**BRIEF:**
The listing below holds a line with "let mut bytes = Vec::new(heap);" and a line with "count of objects.". Reproduce those two lines exactly, plus everything between them.

**AVAILABLE DATA:**
####
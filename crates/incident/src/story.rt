//! The release of the story, and the image that it begins with.
use crate::log::Log;
use console::{Failed, Program};
use image::SECTOR;
use std::alloc::{AllocError, Global};
use tree::print;

/// The sector of the header, node 1: its first byte counts the objects.
pub const HEADER: usize = 2;

/// The sector of the objects, node 2: a byte each, 0 where there is none.
const OBJECTS: u64 = 3;

/// How many objects the older header counts.
pub const OLDER: u8 = 2;

/// How many objects the newer header counts.
const NEWER: u8 = 3;

/// How many sectors the image has.
const COUNT: u32 = 4;

/// The release as it was, or with a flush between its last write and its claim.
#[derive(Clone, Copy, PartialEq, Eq)]
pub enum Release {
    NoFlush,
    Flush,
}

/// The image that the release begins with: an empty header, and no objects.
pub fn base_image(heap: Global) -> Result<Vec<u8>, AllocError> {
    let mut bytes = Vec::new(heap);
    // The head: the plain file system, with so many sectors.
    for word in [0x4000_0002, 0x8000_0000 | COUNT] {
        bytes.extend_from_slice(&word.to_le_bytes())?;
    }
    bytes.resize(SECTOR, 0)?;
    // The node words: a directory, a file of one byte in sector 2, a file of three in sector 3.
    for word in [0x4000_0000u32, 0x8001_0002, 0x8003_0003] {
        bytes.extend_from_slice(&word.to_le_bytes())?;
    }
    bytes.resize(SECTOR * 4, 0)?;
    Ok(bytes)
}

/// Says and records that a node may from here on be a file of these bytes.
fn promise(program: &Program, log: &mut Log, node: u8, content: &[u8]) -> Result<(), Failed> {
    let length = content.len();
    let print = print(content);
    let text = format!(in program.rt.alloc(); "f {node} 0 {length} {print:08x}")?;
    log.mark(text.as_bytes())?;
    Ok(())
}

/// Writes the header with its count of objects.
fn write_header(program: &Program, log: &mut Log, objects: u8) -> Result<(), Failed> {
    promise(program, log, 1, &[objects])?;
    log.write(HEADER as u64, &[objects])?;
    Ok(())
}

/// Prints a step.
fn say(program: &Program, words: &str) -> Result<(), Failed> {
    program.rt.println(words)?;
    Ok(())
}

/// Records the release, and prints each step.
pub fn record(program: &Program, log: &mut Log, release: Release) -> Result<(), Failed> {
    say(
        program,
        match release {
            Release::NoFlush => "A release writes a header twice between the same two flushes.",
            Release::Flush =>
                "The same release, with a flush between the second header and the claim.",
        },
    )?;
    say(program, "  entry 1: a flush")?;
    log.flush()?;
    say(
        program,
        "  entries 2, 3: the header may count 2 objects, and is written",
    )?;
    write_header(program, log, OLDER)?;
    say(
        program,
        "  entries 4, 5: there may be 3 objects, since one came late, and they are written",
    )?;
    promise(program, log, 2, b"abc")?;
    log.write(OBJECTS, b"abc")?;
    say(
        program,
        "  entries 6, 7: the header may count 3 objects, and is written again",
    )?;
    write_header(program, log, NEWER)?;
    if release == Release::Flush {
        say(program, "  entry 8: a flush")?;
        log.flush()?;
    }
    say(
        program,
        "  then the release claims that the header with its 3 objects is on the disk, and flushes",
    )?;
    log.mark(b"s 1")?;
    log.flush()?;
    Ok(())
}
####
**PROBLEM SOLUTION:**
    let mut bytes = Vec::new(heap);
    // The head: the plain file system, with so many sectors.
    for word in [0x4000_0002, 0x8000_0000 | COUNT] {
        bytes.extend_from_slice(&word.to_le_bytes())?;
    }
    bytes.resize(SECTOR, 0)?;
    // The node words: a directory, a file of one byte in sector 2, a file of three in sector 3.
    for word in [0x4000_0000u32, 0x8001_0002, 0x8003_0003] {
        bytes.extend_from_slice(&word.to_le_bytes())?;
    }
    bytes.resize(SECTOR * 4, 0)?;
    Ok(bytes)
}

/// Says and records that a node may from here on be a file of these bytes.
fn promise(program: &Program, log: &mut Log, node: u8, content: &[u8]) -> Result<(), Failed> {
    let length = content.len();
    let print = print(content);
    let text = format!(in program.rt.alloc(); "f {node} 0 {length} {print:08x}")?;
    log.mark(text.as_bytes())?;
    Ok(())
}

/// Writes the header with its count of objects.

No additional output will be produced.